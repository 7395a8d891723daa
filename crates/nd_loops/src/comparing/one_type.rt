//! Items that are compared with others of their own type. (The package has the impl by hand, for two types.)

use crate::comparing::EqualTo;

impl<T: PartialEq> EqualTo<T> for T {
    ghost equal_to = { T.eq };

    fn is_equal_to(&self, other: &T) -> bool {
        *self == *other
    }

    fn are_equal_to(items: &[T], others: &[T]) -> bool {
        items == others
    }
}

=====

Everything from the line with "filename crates/nd_loops/src/comparing/one_type.rt" through the final line of the entries above must be duplicated exactly; both ends belong, and no other line does.

filename crates/nd_loops/src/comparing/one_type.rt
//! Items that are compared with others of their own type. (The package has the impl by hand, for two types.)

use crate::comparing::EqualTo;

impl<T: PartialEq> EqualTo<T> for T {
    ghost equal_to = { T.eq };

    fn is_equal_to(&self, other: &T) -> bool {
        *self == *other
    }

    fn are_equal_to(items: &[T], others: &[T]) -> bool {
        items == others
    }
}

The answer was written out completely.